Enraged at the admonitions which, like Knox’s glances, he knew were levelled at himself, Kirkaldy started up, regardless of the place, the countess, and congregation, and so far forgot his usual dignity as to make use of very threatening language against the aged preacher. A report soon spread that he had become his enemy, and would slay him as he had done Seaton; but though nothing could be farther from the mind of so gallant a knight, it gained ground so far that the noblesse of Kyle and Cunninghame sent him a formal letter, in which, after reminding him of his former adherence to the cause of the Reformation, they mentioned the late rumours that had reached them, and solemnly warned him of any attempts to injure Knox, “that man whom God had made the first planter and waterer of his church among them.” It was sent from Ayr, and bore the signatures of Knox’s father-in-law, Lord Ochiltree, the Earl of Glencaim, and eleven lesser barons.

But Kirkaldy had more important duties to attend to than prosecuting a quarrel with a preacher.

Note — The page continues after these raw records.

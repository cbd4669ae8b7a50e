//! Changes of pieces that are kept in pages.

ghost use Rattle.std.specs.Prelude.{◌≡◌, ℕ, count_by, ◌+◌, ◌++◌, ◌≤◌, length, take, drop, OnOk};
ghost use Rattle.std.specs.Prelude.{OnErr, IfOk, IfErr};
ghost use Rattle.goo_ranges_pieces.specs.Change.{moved, meets, set_to};
ghost use Rattle.goo_types.specs.Number.{code_of};
ghost use Rattle.goo_types.specs.Piece.{at_of, IsRising};
ghost use Rattle.goo_ranges.specs.Edit.{IsExact};
ghost use Rattle.goo_ranges.specs.Sparing.{IsSparing};
ghost use Rattle.goo_ranges.specs.Paging.{joined, between, AreFilled, IsWindow};
ghost use Rattle.goo_spec.specs.Runs.{IsApart};

use super::{count_before, count_begun, joined_page};
use crate::edits::Edit;
use crate::page::Page;
use goo_types::fault::Fault;
use goo_types::lot::Lot;
use goo_types::number::Number;
use goo_types::piece::Piece;
use goo_types::place::Place;
use std::alloc::{AllocError, Global};

/// The most pieces that are put into a page.
const PAGE: usize = 32;

/// How many pieces are put into each page of a long list, which leaves room for edits.
const LOOSE: usize = 24;

/// How many of `count` pieces the first page takes.
fn share(count: usize) -> usize
    requires { 1 ≤ count }
    ensures some { 1 ≤ result }
    ensures most { result ≤ count }
{
    if count <= PAGE {
        return count;
    }
    if count <= 2 * PAGE {
        return count / 2;
    }
    LOOSE
}

/// The pieces in pages.
///
/// # Errors
///
/// `AllocError` where memory was refused.
pub fn pages_of(alloc: Global, pieces: &[Piece]) -> Result<Vec<Page>, AllocError>
    requires { IsRising pieces.now }
    ensures pieces { IfOk result (λ pages. joined pages.items ≡ pieces.now) }
    ensures filled { IfOk result (λ pages. AreFilled pages.items) }
{
    let mut pages = Vec::new(alloc);
    let mut start = 0;
    while start < pieces.len() {
        let end = start + share(pieces.len() - start);
        let rows = Vec::from_slice(alloc, &pieces[start..end])?;
        pages.push(Page::of_rows(rows))?;
        start = end;
    }
    Ok(pages)
}

/// The indices between which the pages have all pieces that meet the range or are next to it.
fn window(pages: &[Page], first: Number, last: Number) -> (usize, usize)
    requires filled { AreFilled pages.now }
    requires rising { IsRising (joined pages.now) }
    ensures { IsWindow pages.now first last result.0 result.1 }
{
    let from = count_before(pages, first.get());
    let begun = count_begun(pages, last.get() + 1);
    if from < begun {
        return (from, begun);
    }
    if from > 0 {
        return (from - 1, from);
    }
    if pages.is_empty() {
        return (0, 0);
    }
    (0, 1)
}

/// Puts pages in the place of those from the index `from` on and below `to`. After an error they
/// are unchanged.
fn put_pages(
    pages: &mut Vec<Page>,
    from: usize,
    to: usize,
    more: Vec<Page>,
) -> Result<(), AllocError>
    requires order { from ≤ to }
    requires bound { to ≤ length pages.old.items }
    ensures ok { OnOk result
        (pages.new.items ≡ take from pages.old.items ++ (more.items ++ drop to pages.old.items)) }
    ensures err { OnErr result (pages.new.items ≡ pages.old.items) }
{
    pages.splice(from..to, more)?;
    Ok(())
}

/// Puts other pieces in the place of those of the pages from the index `from` on and below `to`.
/// After an error the pages are unchanged.
fn put_pieces(
    pages: &mut Vec<Page>,
    from: usize,
    to: usize,
    pieces: &[Piece],
) -> Result<(), AllocError>
    requires order { from ≤ to }
    requires bound { to ≤ length pages.old.items }
    requires filled { AreFilled pages.old.items }
    requires rising { IsRising pieces.now }
    ensures ok { OnOk result
        (joined pages.new.items
        ≡ joined (take from pages.old.items) ++ (pieces.now ++ joined (drop to pages.old.items))) }
    ensures err { OnErr result (pages.new.items ≡ pages.old.items) }
    ensures filled { AreFilled pages.new.items }
{
    let more = pages_of(*pages.allocator(), pieces)?;
    put_pages(pages, from, to, more)
}

/// The pieces of the pages from the index `from` on and below `to`, in one page.
fn page_between(pages: &Vec<Page>, from: usize, to: usize) -> Result<Page, AllocError>
    requires order { from ≤ to }
    requires bound { to ≤ length pages.now.items }
    requires rising { IsRising (joined pages.now.items) }
    ensures { IfOk result (λ page. page ≡ between pages.now.items from to) }
{
    joined_page(*pages.allocator(), &pages[from..to])
}

/// Sets the place of each number from `first` to `last` that the pages have, and tells which rows
/// this deletes and inserts.
///
/// # Errors
///
/// `Memory` where an allocation was refused; the pages then have the same pieces as before.
pub fn reassign_in(
    pages: &mut Vec<Page>,
    first: Number,
    last: Number,
    place: Place,
) -> Result<Edit, Fault>
    requires rising { IsRising (joined pages.old.items) }
    requires filled { AreFilled pages.old.items }
    requires forward { first ≤ last }
    requires one_code { code_of first ≡ code_of last }
    ensures map { OnOk result
        ((n : ℕ)
        → at_of (joined pages.new.items) n
        ≡ moved first last place n (at_of (joined pages.old.items) n)) }
    ensures exact { IfOk result (IsExact (joined pages.old.items) (joined pages.new.items)) }
    ensures maximal { OnOk result
        (IsApart (joined pages.old.items) → IsApart (joined pages.new.items)) }
    ensures few { IfOk result
        (λ edit. let most = count_by (meets first last) (joined pages.old.items) + 2 in
        (length edit.delete.items ≤ most) × (length edit.insert.items ≤ most)) }
    ensures spares { IfOk result (IsSparing first last (joined pages.old.items)) }
    ensures err { OnErr result (joined pages.new.items ≡ joined pages.old.items) }
    ensures memory { IfErr result (λ fault. fault ≡ Fault.Memory) }
    ensures rising { IsRising (joined pages.new.items) }
    ensures filled { AreFilled pages.new.items }
{
    let (from, to) = window(pages, first, last);
    let mut page = page_between(pages, from, to)?;
    let edit = page.reassign_between(first, last, place)?;
    put_pieces(pages, from, to, page.pieces())?;
    Ok(edit)
}

/// Sets the lot and the place of each number from `first` to `last`, and tells which rows this
/// deletes and inserts.
///
/// # Errors
///
/// `Memory` where an allocation was refused; the pages then have the same pieces as before.
pub fn add_in(
    pages: &mut Vec<Page>,
    first: Number,
    last: Number,
    lot: Lot,
    place: Place,
) -> Result<Edit, Fault>
    requires rising { IsRising (joined pages.old.items) }
    requires filled { AreFilled pages.old.items }
    requires forward { first ≤ last }
    requires one_code { code_of first ≡ code_of last }
    ensures map { OnOk result
        ((n : ℕ)
        → at_of (joined pages.new.items) n
        ≡ set_to first last (lot, place) n (at_of (joined pages.old.items) n)) }
    ensures exact { IfOk result (IsExact (joined pages.old.items) (joined pages.new.items)) }
    ensures maximal { OnOk result
        (IsApart (joined pages.old.items) → IsApart (joined pages.new.items)) }
    ensures few { IfOk result
        (λ edit. let most = count_by (meets first last) (joined pages.old.items) + 2 in
        (length edit.delete.items ≤ most) × (length edit.insert.items ≤ most)) }
    ensures spares { IfOk result (IsSparing first last (joined pages.old.items)) }
    ensures err { OnErr result (joined pages.new.items ≡ joined pages.old.items) }
    ensures memory { IfErr result (λ fault. fault ≡ Fault.Memory) }
    ensures rising { IsRising (joined pages.new.items) }
    ensures filled { AreFilled pages.new.items }
{
    let (from, to) = window(pages, first, last);
    let mut page = page_between(pages, from, to)?;
    let edit = page.add_between(first, last, lot, place)?;
    put_pieces(pages, from, to, page.pieces())?;
    Ok(edit)
}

Unintimidated by the fulminations of kirk and state, he continued his warlike preparations with the utmost deliberation and success. He hoisted cannon to the summit of St Giles’s lofty spire, which rises in the middle of the central hill on which the city stands, and commands a view of it in every direction. He placed the artillery on the stone bartizan beneath the flying arches of the imperial crown that surmounts the tower, and thus turned the cathedral into a garrison, to the great annoyance of Knox and the citizens. The latter were also compelled, at their own expense, to maintain the hundred harquebussiers of Captain Melville, who were billeted in the Castlehill Street, for the queen’s service; and thus, amid preparations for war, closed the year 1570.